Perhatian publik terhadap kasus ini meningkat setelah unggahan Yurizal di platform Threads mengenai pengalaman pelayanan kesehatan yang diterimanya menjadi perbincangan luas. Beberapa hari kemudian, akun media sosial yang mengaku sebagai kerabat korban menginformasikan bahwa Yurizal meninggal dunia pada 31 Juli 2026.
Perkembangan tersebut memicu berbagai tanggapan di media sosial, termasuk sorotan terhadap komentar yang sebelumnya ditujukan kepada Yurizal dan dinilai tidak mencerminkan empati.
Menanggapi hal itu, manajemen RSUD Ruteng menyampaikan pernyataan resmi melalui akun Instagram institusi pada Rabu (5/8/2026).
Dalam keterangannya, rumah sakit menegaskan bahwa komentar yang disampaikan oknum dokter merupakan pendapat pribadi dan tidak mewakili sikap maupun kebijakan institusi.
“Kami sampaikan bahwa pernyataan dimaksud merupakan opini pribadi yang bersangkutan dan tidak mewakili sikap, nilai, maupun standar pelayanan RSUD Ruteng.
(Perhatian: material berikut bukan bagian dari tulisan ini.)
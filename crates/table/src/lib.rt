// The rows of a script as a flat table of numbers, four to a row: 256 rows are the 1,024 numbers of the lent scratch.
#![tactic(auto)]

pub mod codes;
mod fields;

ghost use Rattle.std.specs.Prelude.{◌≡◌, List, ℕ, ◌+◌, ◌-◌, ◌*◌, ◌≤◌, ◌<◌, length, get_or};
ghost use Rattle.rules_steps.specs.Ends.{Near};
ghost use Rattle.rules.specs.Bounds.{Fine, FineOperand};
ghost use Rattle.rules.specs.declared.Kind.{Kind};
ghost use Rattle.table.specs.Code.{constant_in, operand_in, is_expression, comparison_by, change_in, number, op_in, variable_in};
ghost use Rattle.table.specs.Code.{comparison_in, limit_kind_in, change_kind_in, partner_in, start_in, limit_in, step_in, watched_in};
ghost use Rattle.table.specs.Code.{tag_in, row_tag, numbers_at, kind_at, rows_of};
ghost use Rattle.table.specs.Shapes.{shape_of, past_else, Assigns};
ghost use Rattle.table.specs.Packing.{OperandCoded, ComparisonCoded, ChangeCoded, FirstIs, TestRow, Stands, NumbersPut, RowPut};
ghost use Rattle.table.specs.Paired.{columns_in, PartnerPut, EndsWith, EndPut, role_of, head_of, number_of, pushed_on, popped_off};
ghost use Rattle.table.specs.Paired.{Ready, NextPut};

use rules::{Change, Comparison, Kind, Operand, Prices};

// How many rows a script in a table has, and what each kind of row takes.
#[derive(Debug, Clone, Copy, PartialEq, Eq)]
pub struct PricedRows {
    pub count: usize,
    pub prices: Prices,
}

// A number as an index.
fn wide(x: u32) -> usize
    ensures { result ≡ x }
{
    x as usize
}

// A constant of the table.
pub fn constant(x: u32) -> i32
    ensures { result ≡ constant_in x }
{
    (x as i64 - fields::MIDDLE) as i32
}

// An operand by its kind and value.
pub fn operand(kind: u32, x: u32) -> Operand
    ensures { result ≡ operand_in kind x }
{
    if kind == codes::CONSTANT {
        return Operand::Constant(constant(x));
    }
    if kind == codes::VARIABLE {
        return Operand::Variable((x % fields::BYTE) as u8);
    }
    Operand::Expression((x / fields::PLACE) as u16, (x % fields::PLACE) as u16)
}

fn comparison(code: u32) -> Comparison
    ensures { result ≡ comparison_by code }
{
    match code {
        codes::LESS => Comparison::Less,
        codes::AT_MOST => Comparison::AtMost,
        codes::GREATER => Comparison::Greater,
        codes::AT_LEAST => Comparison::AtLeast,
        codes::EQUAL => Comparison::Equal,
        _ => Comparison::Different,
    }
}

pub fn change(kind: u32, c: u32) -> Change
    ensures { result ≡ change_in kind c }
{
    match kind {
        codes::ADD => Change::Add(c),
        codes::SUB => Change::Sub(c),
        codes::MUL => Change::Mul(c),
        _ => Change::Div(c),
    }
}

// The kinds of row.
#[derive(Debug, Clone, Copy, PartialEq, Eq)]
pub enum Tag {
    End,
    Else,
    Pick,
    Set,
    Move,
    Cue,
    While,
    Do,
    For,
    Off,
    Hold,
}

fn tag_of(op: u32) -> Tag
    ensures { result ≡ tag_in op }
{
    match op {
        codes::END | codes::END_TEST | codes::END_FOR => Tag::End,
        codes::ELSE => Tag::Else,
        codes::SET_CONSTANT | codes::SET_VARIABLE | codes::SET_EXPRESSION => Tag::Set,
        codes::PICK => Tag::Pick,
        codes::FOR_CONSTANT | codes::FOR_VARIABLE | codes::FOR_EXPRESSION => Tag::For,
        codes::CUE => Tag::Cue,
        codes::MOVE_ADD | codes::MOVE_SUB | codes::MOVE_MUL | codes::MOVE_DIV => Tag::Move,
        codes::OFF => Tag::Off,
        codes::WHILE => Tag::While,
        codes::DO => Tag::Do,
        _ => Tag::Hold,
    }
}

// The op of row i.
pub fn op_at(rows: &[u32], i: usize) -> u32
    requires { 4 * i + 3 < length rows.now }
    ensures { result ≡ op_in (numbers_at rows.now i) }
{
    rows[fields::ROW * i + fields::FIRST] % fields::BYTE
}

// The variable of row i.
pub fn variable_at(rows: &[u32], i: usize) -> u8
    requires { 4 * i + 3 < length rows.now }
    ensures { result ≡ variable_in (numbers_at rows.now i) }
{
    (rows[fields::ROW * i + fields::FIRST] / fields::VARIABLE % fields::BYTE) as u8
}

// The code of the comparison of row i.
pub fn comparison_at(rows: &[u32], i: usize) -> u32
    requires { 4 * i + 3 < length rows.now }
    ensures { result ≡ comparison_in (numbers_at rows.now i) }
{
    rows[fields::ROW * i + fields::FIRST] / fields::COMPARISON % fields::COMPARISONS
}

// The kind of the limit of row i.
pub fn limit_kind_at(rows: &[u32], i: usize) -> u32
    requires { 4 * i + 3 < length rows.now }
    ensures { result ≡ limit_kind_in (numbers_at rows.now i) }
{
    rows[fields::ROW * i + fields::FIRST] / fields::LIMIT_KIND % fields::KINDS
}

// The kind of the change of row i.
pub fn change_kind_at(rows: &[u32], i: usize) -> u32
    requires { 4 * i + 3 < length rows.now }
    ensures { result ≡ change_kind_in (numbers_at rows.now i) }
{
    rows[fields::ROW * i + fields::FIRST] / fields::CHANGE_KIND % fields::KINDS
}

// The partner of row i: of a row that begins a block the row that closes it, of an `end` the row that begins its block.
pub fn partner_at(rows: &[u32], i: usize) -> usize
    requires { 4 * i + 3 < length rows.now }
    ensures { result ≡ partner_in (numbers_at rows.now i) }
{
    wide(rows[fields::ROW * i + fields::FIRST] / fields::PARTNER)
}

// The second number of row i: what a set takes, a for's start, or the variable that an off watches.
pub fn start_at(rows: &[u32], i: usize) -> u32
    requires { 4 * i + 3 < length rows.now }
    ensures { result ≡ number (numbers_at rows.now i) 1 }
{
    rows[fields::ROW * i + fields::START]
}

// The number of the loop that ends at row i.
pub fn loop_at(rows: &[u32], i: usize) -> usize
    requires { 4 * i + 3 < length rows.now }
    ensures { result ≡ number (numbers_at rows.now i) 1 }
{
    wide(start_at(rows, i))
}

// The third number of row i: the value of its limit.
pub fn limit_value_at(rows: &[u32], i: usize) -> u32
    requires { 4 * i + 3 < length rows.now }
    ensures { result ≡ number (numbers_at rows.now i) 2 }
{
    rows[fields::ROW * i + fields::LIMIT]
}

// The fourth number of row i: that of its change or its cue.
pub fn number_at(rows: &[u32], i: usize) -> u32
    requires { 4 * i + 3 < length rows.now }
    ensures { result ≡ number (numbers_at rows.now i) 3 }
{
    rows[fields::ROW * i + fields::NUMBER]
}

// The variable that an off watches.
pub fn watched_at(rows: &[u32], i: usize) -> u8
    requires { 4 * i + 3 < length rows.now }
    ensures { result ≡ watched_in (numbers_at rows.now i) }
{
    (start_at(rows, i) % fields::BYTE) as u8
}

// Is the limit of row i an expression? One bit of its kind.
pub fn limit_is_expression(rows: &[u32], i: usize) -> bool
    requires { 4 * i + 3 < length rows.now }
    ensures { result ≡ is_expression (limit_in (numbers_at rows.now i)) }
{
    rows[fields::ROW * i + fields::FIRST] / fields::LIMIT_IS_EXPRESSION % fields::BIT == 1
}

// The tag of row i.
pub fn tag_at(rows: &[u32], i: usize) -> Tag
    requires { 4 * i + 3 < length rows.now }
    ensures { result ≡ row_tag (numbers_at rows.now i) }
{
    tag_of(op_at(rows, i))
}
Hal ini juga bertentangan dengan kode etik yang berlaku di lingkungan kami,” tulis manajemen RSUD Ruteng.
Manajemen juga menyatakan akan memperkuat pembinaan terhadap seluruh tenaga kesehatan dan pegawai agar lebih bijaksana, santun, dan bertanggung jawab dalam menggunakan media sosial maupun menyampaikan pendapat di ruang publik.
RSUD Ruteng menegaskan komitmennya untuk terus menjaga pelayanan kesehatan yang profesional serta berorientasi pada nilai-nilai kemanusiaan.
“Pelayanan yang humanis dan profesional akan terus kami jaga,” demikian pernyataan rumah sakit.
Selain itu, pihak rumah sakit menyebut telah mengambil langkah sesuai mekanisme internal terhadap oknum yang bersangkutan.
“Menindaklanjuti hal tersebut, pihak manajemen telah melakukan langkah-langkah sesuai aturan dan kebijakan internal rumah sakit kepada oknum yang terkait,” tulis RSUD Ruteng.
Kasus Berawal dari Unggahan Pasien di Media Sosial
Perkara ini bermula dari unggahan Yurizal di platform Threads pada 22 Juli 2026, yang menceritakan pengalamannya saat menunggu pelayanan rawat inap.
Dalam unggahan tersebut, ia menulis bahwa dirinya belum memperoleh ruang perawatan setelah menunggu selama beberapa jam dan menyebut menggunakan layanan BPJS Kesehatan.
Unggahan tersebut kemudian menjadi perhatian publik dan memunculkan berbagai komentar dari pengguna media sosial.
UGM dan RSUP Dr Sardjito Ikut Memberikan Penjelasan
Kasus ini juga menyeret nama seorang dokter berinisial EPR, yang belakangan diketahui merupakan peserta Program Pendidikan Dokter Spesialis (PPDS) dari Fakultas Kedokteran, Kesehatan Masyarakat, dan Keperawatan (FKKMK) Universitas Gadjah Mada (UGM).
Juru Bicara UGM Dr. I Made Andi Arsana menyatakan bahwa persoalan tersebut telah menjadi perhatian universitas dan sedang dibahas secara internal.
“Kemarin ada diskusi internal di UGM terutama FKKMK,” ujar Made Andi.
Ia menambahkan bahwa hasil pembahasan internal akan disampaikan setelah proses evaluasi selesai dilakukan.
Sementara itu, Manajer Hukum dan Humas RSUP Dr Sardjito, Banu Hermawan, menjelaskan bahwa EPR bukan merupakan pegawai rumah sakit, melainkan peserta pendidikan dokter spesialis.
Menurutnya, status tersebut penting untuk dipahami agar tidak menimbulkan kesalahpahaman mengenai hubungan kepegawaian dengan RSUP Dr Sardjito.
Di sisi lain, berdasarkan penelusuran di media sosial, akun yang dikaitkan dengan EPR disebut telah menyampaikan permintaan maaf atas unggahan yang menjadi sorotan publik.